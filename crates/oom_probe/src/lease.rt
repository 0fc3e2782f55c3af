//! Leases. One that isn't begun, for want of memory, hands both its ends back as they were.

use crate::KEY_WORD;
use crate::links::link;
use crate::making::{CUT, server};
use crate::told::{put_bytes, put_unless};
use link_run::links::CleanLink;
use memory_ends::memory_client::MemoryClient;
use relay_core::relay::{Relay, Returned};
use relay_model::Next;
use server_end::gate::Ready;
use server_end::{ClientEnd, ServerEnd};
use std::alloc::{AllocError, Global};

/// The greatest length of a frame.
pub const LIMIT: u32 = 1_000;

/// A client sets a name and makes a table.
pub const TALK: &[u8] =
    b"Q\0\0\0\x20SET application_name TO 'x'\0Q\0\0\0\x21CREATE TEMP TABLE t (a text)\0";

/// Bytes move fewer times than this.
const MAX_MOVES: u64 = 2_000;

/// Whether nothing was taken from the client or given to it, and no call of it failed.
fn is_untouched(client: &MemoryClient) -> bool {
    client.taken().is_empty() && client.given().is_empty() && client.faults() == 0
}

/// A lease of this link to this client, which begins once more with what is handed back; none, which is told, where that fails too.
fn begun<E: ServerEnd>(
    alloc: Global,
    client: MemoryClient,
    link: CleanLink<E>,
    out: &mut Vec<u8>,
) -> Result<Option<Relay<MemoryClient, E>>, AllocError> {
    let number = link.number();
    let (client, link) = match Relay::begin(alloc, client, link, KEY_WORD, LIMIT) {
        Ok(relay) => return Ok(Some(relay)),
        Err(back) => back,
    };
    let is_back = is_untouched(&client) && link.number() == number;
    put_unless(is_back, b"a lease hands other ends back", out)?;
    match Relay::begin(alloc, client, link, KEY_WORD, LIMIT) {
        Ok(relay) => Ok(Some(relay)),
        Err(_) => {
            put_unless(false, b"a lease isn't begun twice", out)?;
            Ok(None)
        }
    }
}

/// The lease until nothing moves any more.
pub fn pumped<E: ServerEnd>(relay: Relay<MemoryClient, E>) -> (MemoryClient, Returned<E>) {
    let both = Ready {
        client: true,
        server: true,
    };
    let mut relay = relay;
    for _ in 0..MAX_MOVES {
        if relay.pump(both) != Next::Again {
            break;
        }
    }
    relay.close()
}

/// How many faults the end of a link has counted.
fn faults_of<E: ServerEnd>(link: Returned<E>) -> u64 {
    match link {
        Returned::Unused(link) => link.lend().end.faults(),
        Returned::Used(link) => link.lend().end.faults(),
        Returned::Gone(parts, _) => parts.end.faults(),
    }
}

/// Appends what a client is given over this link. An end of it may be refused memory meanwhile, which isn't asked again.
fn put_lease<E: ServerEnd>(
    alloc: Global,
    link: CleanLink<E>,
    out: &mut Vec<u8>,
) -> Result<(), AllocError> {
    let client = MemoryClient::new(alloc, TALK, CUT)?;
    let Some(relay) = begun(alloc, client, link, out)? else {
        return Ok(());
    };
    let (client, link) = pumped(relay);
    if client.faults() > 0 || faults_of(link) > 0 {
        return Err(AllocError);
    }
    put_bytes(alloc, b"given", client.given(), out)
}

/// A lease over a link of its own.
pub fn told(alloc: Global, out: &mut Vec<u8>) -> Result<(), AllocError> {
    let link = link(alloc, server(alloc)?, out)?;
    put_lease(alloc, link, out)
}
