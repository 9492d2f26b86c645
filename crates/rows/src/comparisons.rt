// The six comparisons of two readings, plain and bool. Without a gap floats are compared. With one there is no reading, but that `!=`
// without bool passes a missing left one against a present right one.
ghost use Rattle.std.specs.Prelude.{◌≡◌, cond};
ghost use Rattle.operator.specs.Kinds.{equal, unequal, less, at_most, greater, at_least};
ghost use Rattle.model.specs.Reading.{missing, no_reading, one_or_zero, compared};
ghost use Rattle.rows.specs.Floats.{ComparedBy};

fn one_or_zero(b: bool) -> u64
    ensures { result ≡ one_or_zero b }
{
    if b { 0x3ff0_0000_0000_0000 } else { 0 }
}

// What a comparison of two present readings gives, by whether it holds.
fn to_comparison_value(holds: bool, left: u64, as_bool: bool) -> u64
    ensures { result ≡ cond as_bool (one_or_zero holds) (cond holds left no_reading) }
{
    if as_bool {
        one_or_zero(holds)
    } else {
        reading::pick(holds, left, reading::MISSING)
    }
}

// What `!=` gives where a reading is missing.
fn neq_gap(left: u64, right: u64, as_bool: bool) -> u64
    ensures { result ≡ cond as_bool no_reading (cond (missing right) no_reading left) }
{
    if as_bool {
        return reading::MISSING;
    }
    reading::choose(reading::gap(right), reading::MISSING, left)
}

// What a comparison that is false with a gap gives, by what it says of the floats.
fn compared<F: Fn(f64, f64) -> bool>(holds: F, left: u64, right: u64, as_bool: bool) -> u64
    requires { F.IsAlwaysCallable holds }
    ensures { ComparedBy (F.post holds) as_bool left right result }
{
    if reading::gaps(left, right) > 0 {
        return reading::MISSING;
    }
    to_comparison_value(
        holds(f64::from_bits(left), f64::from_bits(right)),
        left,
        as_bool,
    )
}

pub(crate) fn compare_eq(left: u64, right: u64, as_bool: bool) -> u64
    ensures { result ≡ compared as_bool equal left right }
{
    compared(|x, y| x == y, left, right, as_bool)
}

pub(crate) fn compare_neq(left: u64, right: u64, as_bool: bool) -> u64
    ensures { result ≡ compared as_bool unequal left right }
{
    if reading::gaps(left, right) > 0 {
        return neq_gap(left, right, as_bool);
    }
    to_comparison_value(f64::from_bits(left) != f64::from_bits(right), left, as_bool)
}

pub(crate) fn compare_lt(left: u64, right: u64, as_bool: bool) -> u64
    ensures { result ≡ compared as_bool less left right }
{
    compared(|x, y| x < y, left, right, as_bool)
}

pub(crate) fn compare_lte(left: u64, right: u64, as_bool: bool) -> u64
    ensures { result ≡ compared as_bool at_most left right }
{
    compared(|x, y| x <= y, left, right, as_bool)
}

pub(crate) fn compare_gt(left: u64, right: u64, as_bool: bool) -> u64
    ensures { result ≡ compared as_bool greater left right }
{
    compared(|x, y| y < x, left, right, as_bool)
}

pub(crate) fn compare_gte(left: u64, right: u64, as_bool: bool) -> u64
    ensures { result ≡ compared as_bool at_least left right }
{
    compared(|x, y| y <= x, left, right, as_bool)
}
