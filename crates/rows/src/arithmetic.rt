// The five arithmetic operators on two readings.
ghost use Rattle.std.specs.Prelude.{◌≡◌};
ghost use Rattle.operator.specs.Kinds.{sum, difference, product, quotient, remainder};
ghost use Rattle.model.specs.Reading.{calculated};
ghost use Rattle.rows.specs.Floats.{CalculatedBy};

// What f gives of the floats of two readings; no reading where one is missing.
fn calculated<F: Fn(f64, f64) -> f64>(f: F, left: u64, right: u64) -> u64
    requires { F.IsAlwaysCallable f }
    ensures { CalculatedBy (F.post f) left right result }
{
    if reading::gaps(left, right) > 0 {
        return reading::MISSING;
    }
    reading::written(f(f64::from_bits(left), f64::from_bits(right)))
}

pub(crate) fn op_plus(left: u64, right: u64) -> u64
    ensures { result ≡ calculated sum left right }
{
    calculated(|x, y| x + y, left, right)
}

pub(crate) fn op_minus(left: u64, right: u64) -> u64
    ensures { result ≡ calculated difference left right }
{
    calculated(|x, y| x - y, left, right)
}

pub(crate) fn op_mul(left: u64, right: u64) -> u64
    ensures { result ≡ calculated product left right }
{
    calculated(|x, y| x * y, left, right)
}

// A division is not done ahead of a branch, so it is done on solid operands and chosen afterwards.
pub(crate) fn op_div(left: u64, right: u64) -> u64
    ensures { result ≡ calculated quotient left right }
{
    let g = reading::gaps(left, right);
    let quotient = reading::written(reading::solid(left, g) / reading::solid(right, g));
    reading::pick(g > 0, reading::MISSING, quotient)
}
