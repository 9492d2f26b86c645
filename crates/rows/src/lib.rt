// An operator over two rows into a third.
#![tactic(auto)]

mod arithmetic; // the arithmetic operators on two readings
mod comparisons; // the six comparisons of two readings, plain and bool

ghost use Rattle.std.specs.Prelude.{◌≡◌, length, slice_index, EachIndex};
ghost use Rattle.model.specs.Reading.{scalar_op};
ghost use Rattle.model.specs.Row.{zip_with};

use arithmetic::{op_div, op_minus, op_mul, op_plus};
use comparisons::{compare_eq, compare_gt, compare_gte, compare_lt, compare_lte, compare_neq};
use operator::Operator;

// What f gives of two readings, point by point.
pub fn zip_rows<F: Fn(u64, u64) -> u64>(f: F, left: &[u64], right: &[u64], out: &mut [u64])
    requires callable { F.IsAlwaysCallable f }
    requires left_len { length left.now ≡ length out.old }
    requires right_len { length right.now ≡ length out.old }
    ensures { EachIndex out.new (λ k. F.post f (slice_index left.now k) (slice_index right.now k) (slice_index out.new k)) }
{
    for i in 0..out.len() {
        out[i] = f(left[i], right[i]);
    }
}

// The operator's readings, point by point; no reading for one that is neither arithmetic nor a comparison. The choice
// stands outside the loop: inside, it would cost more than the work.
#[tactic(auto, using(crate::proofs::Zipping::zipped), unfolding(model::specs::Reading::scalar_op))]
pub fn apply_rows(op: Operator, as_bool: bool, left: &[u64], right: &[u64], out: &mut [u64])
    requires left_len { length left.now ≡ length out.old }
    requires right_len { length right.now ≡ length out.old }
    ensures { out.new ≡ zip_with (scalar_op op as_bool) left.now right.now }
{
    match op {
        Operator::Add => zip_rows(op_plus, left, right, out),
        Operator::Div => zip_rows(op_div, left, right, out),
        Operator::Mod => zip_rows(remainder::remainder, left, right, out),
        Operator::Mul => zip_rows(op_mul, left, right, out),
        Operator::Sub => zip_rows(op_minus, left, right, out),
        Operator::Eql => zip_rows(move |x, y| compare_eq(x, y, as_bool), left, right, out),
        Operator::NotEq => zip_rows(move |x, y| compare_neq(x, y, as_bool), left, right, out),
        Operator::Gt => zip_rows(move |x, y| compare_gt(x, y, as_bool), left, right, out),
        Operator::Gte => zip_rows(move |x, y| compare_gte(x, y, as_bool), left, right, out),
        Operator::Lt => zip_rows(move |x, y| compare_lt(x, y, as_bool), left, right, out),
        Operator::Lte => zip_rows(move |x, y| compare_lte(x, y, as_bool), left, right, out),
        _ => zip_rows(|_x, _y| reading::MISSING, left, right, out),
    }
}
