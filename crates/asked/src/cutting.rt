// `cutback T C ..`
ghost use Rattle.std.specs.Prelude.{◌≡◌};
ghost use Rattle.asked.specs.Asked.{revised_asked};
ghost use Rattle.asked.specs.Typed.{typed_at};

use crate::numbers::{Numbers, all_numbers, limit, other_count, two_bytes};
use rules::Tranches;
use std::array;
use text::{ANSWER, Cursor, wrong};

#[derive(Clone, Copy)]
pub struct Revised {
    pub targets: [Tranches; 8],
    pub caps: [Tranches; 8],
}

// Two numbers a product: revised target, revised cap. Those that were not given are 0, as the arrays were made.
pub fn revised_of(numbers: [u32; 40]) -> Revised
    ensures { result ≡ revised_asked numbers }
{
    let targets = array::from_fn(|i| Tranches(two_bytes(numbers[i * 2])));
    let caps = array::from_fn(|i| Tranches(two_bytes(numbers[i * 2 + 1])));
    Revised { targets, caps }
}

// The pairs up to the end of a line, 8 at most.
pub fn pairs(line: &[u8], c: Cursor, numbers: &mut [u32; 40], out: &mut [u8; ANSWER]) -> Numbers
    ensures { numbers.new ≡ (typed_at line.now c 16 numbers.old).numbers }
{
    match all_numbers(line, c, 16, numbers, out) {
        Numbers::Found(n) if n % 2 == 0 => Numbers::Found(n / 2),
        Numbers::Found(_) => Numbers::Said(wrong(
            out,
            b"a product has a revised target and a revised cap; a number is missing",
            line.len(),
        )),
        said => said,
    }
}

// The pairs are those of more or fewer products than the auction has.
pub fn other_pairs(line: &[u8], c: Cursor, products: usize, out: &mut [u8; ANSWER]) -> usize {
    other_count(
        line,
        c,
        limit(products) as usize * 2,
        b"a cutback in this auction has two numbers for each of ",
        products,
        out,
    )
}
:::::
**ASSIGNED TASK**. Which lines in the material contain the word "unequal"? Pull each of them out.

**EXERCISE ANSWER**.
ghost use Rattle.operator.specs.Kinds.{equal, unequal, less, at_most, greater, at_least};
    ensures { result ≡ compared as_bool unequal left right }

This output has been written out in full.